Monitoring the Thermal Aging of Rubber Bearings Using Virtual Temperature Sensors

Recurring thermal loads in a vehicle can lead to the failure of rubber bearings due to thermal aging within the expected vehicle lifetime. The disadvantages of a preventive or reactive maintenance strategy are high warranty costs and low customer satisfaction, respectively. This work proposes a predictive maintenance system, which monitors the thermal aging of rubber bearings and indicates their timely replacement. Since no real temperature sensors are installed at rubber bearings in production vehicles, virtual temperature sensors are used to monitor component temperatures during customer operation. As a virtual sensor, a feedforward neural network is trained on measurement data in order to learn to predict the component temperatures of several rubber bearings in a combustion engine vehicle based on existing vehicle signals. The neural network achieves an average mean absolute error of 1.78 K and a coefficient of determination of 0.95 over all components after hyperparameter tuning.
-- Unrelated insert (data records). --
//! Checks a journal by the definitions: the reply of each entry is read off the entries before.
ghost use Rattle.std.specs.Prelude.{◌≡◌, ◌↔◌, ◌<◌, ◌∷◌, [], ◌++◌, List, length, is_some, IfOk, IfSome, OnOk, IsTrue};
ghost use Rattle.fy_acts.specs.declared.entry.Entry.{Entry};
ghost use Rattle.fy_cluster.specs.Versions.{LegalUnder};
ghost use Rattle.fy_replay.specs.Check.{ChecksOrOom};
ghost use Rattle.fy_check_by_rules.specs.Steps.{AreStepsOf};

use crate::doing::step_of;
use crate::past::Past;
use crate::reply::reply;
use crate::step::FoundStep;
use fy_acts::{Entry, Journal, Version};
use fy_cluster::{Config, laws};
use fy_replay::CheckFault;
use std::alloc::{AllocError, Global};

/// Whether the entry may come next, where the entries before are a legal journal.
fn may_follow(before: &Past, version: Version, entry: &Entry) -> Result<bool, AllocError>
    ensures next { (so_far : List Entry)
        → AreStepsOf version before.now.config.now so_far before.now.steps.now
        → entry.now.at ≡ length so_far
        → IfOk result (λ may. IsTrue may
        ↔ LegalUnder version before.now.config.now (so_far ++ entry.now ∷ [])) }
    ensures room { IfOk result (λ may. IsTrue may
        → length before.now.steps.now < before.now.config.now.limit) }
{
    laws::versions();
    fy_acts::laws::equal_is_the_same();
    before.config.invariant();
    if before.steps.len() >= before.config.journal_limit() as usize {
        return Ok(false);
    }
    if !version.knows(&entry.act) {
        return Ok(false);
    }
    let reply = reply(before, entry.by, &entry.act)?;
    Ok(reply == entry.reply)
}

/// The step of the entry, if it may come next, where the entries before are a legal journal.
fn next_step(
    before: &Past,
    version: Version,
    entry: &Entry,
) -> Result<Option<FoundStep>, AllocError>
    ensures next { (so_far : List Entry)
        → AreStepsOf version before.now.config.now so_far before.now.steps.now
        → entry.now.at ≡ length so_far
        → IfOk result (λ next. IsTrue (is_some next)
        ↔ LegalUnder version before.now.config.now (so_far ++ entry.now ∷ [])) }
    ensures put { (so_far : List Entry)
        → AreStepsOf version before.now.config.now so_far before.now.steps.now
        → entry.now.at ≡ length so_far
        → IfOk result (λ next. IfSome next (λ step. AreStepsOf version before.now.config.now
        (so_far ++ entry.now ∷ []) (before.now.steps.now ++ step ∷ []))) }
{
    laws::one_entry_more();
    before.config.invariant();
    let may = may_follow(before, version, entry)?;
    if !may {
        return Ok(None);
    }
    let step = step_of(before, entry)?;
    Ok(Some(step))
}

/// Puts a step behind all others.
fn put_last(steps: &mut Vec<FoundStep>, step: FoundStep) -> Result<(), AllocError>
    ensures { OnOk result (steps.new.items ≡ steps.old.items ++ step ∷ []) }
{
    steps.push(step)?;
    Ok(())
}

/// Whether the journal is legal for the configuration, under its own version of the rules. Each
/// definition of the rules is a small function that reads it off the entries before, so the time
/// grows with a power of the number of entries. `replay` has the same contract, for journals of
/// more than some hundred entries.
///
/// # Errors
///
/// `BadEntry` at the first entry whose reply isn't the one that the rules give, whose act the
/// version doesn't have, or whose place is the journal limit. `NoMemory`, in place of any answer,
/// where an allocation fails for what is read off.
pub fn check(alloc: Global, config: &Config, journal: &Journal) -> Result<(), CheckFault>
    ensures { ChecksOrOom journal.now.version config.now journal.now.entries result }
{
    laws::versions();
    journal.invariant();
    let version = journal.version();
    let mut steps = Vec::new(alloc);
    for entry in journal.entries() {
        let before = Past {
            alloc,
            config,
            steps: &steps,
        };
        let Some(step) = next_step(&before, version, entry)? else {
            return Err(CheckFault::BadEntry { at: entry.at });
        };
        put_last(&mut steps, step)?;
    }
    Ok(())
}
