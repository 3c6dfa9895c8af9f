//! Entries with what they did.
use fy_acts::Entry;
use fy_locality::ProcSet;
use fy_net::Body;

/// An entry with what it did, found from the entries before it.
#[derive(Drop)]
pub(crate) struct FoundStep {
    pub(crate) entry: Entry,
    /// Whom its target names.
    pub(crate) targets: ProcSet,
    /// The message that it names.
    pub(crate) message: Option<Body>,
    /// The messages that it sent, in order.
    pub(crate) sends: Vec<Body>,
}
The remaining useful life of the rubber bearing can be estimated based on the predicted temperature load collective. By integrating this predictive thermal aging system into the vehicle, the disadvantages of a preventive or reactive maintenance strategy can be avoided. Potential limitations for the implementation in production vehicles may be data availability for the model training or the reliability of model predictions under real-world conditions.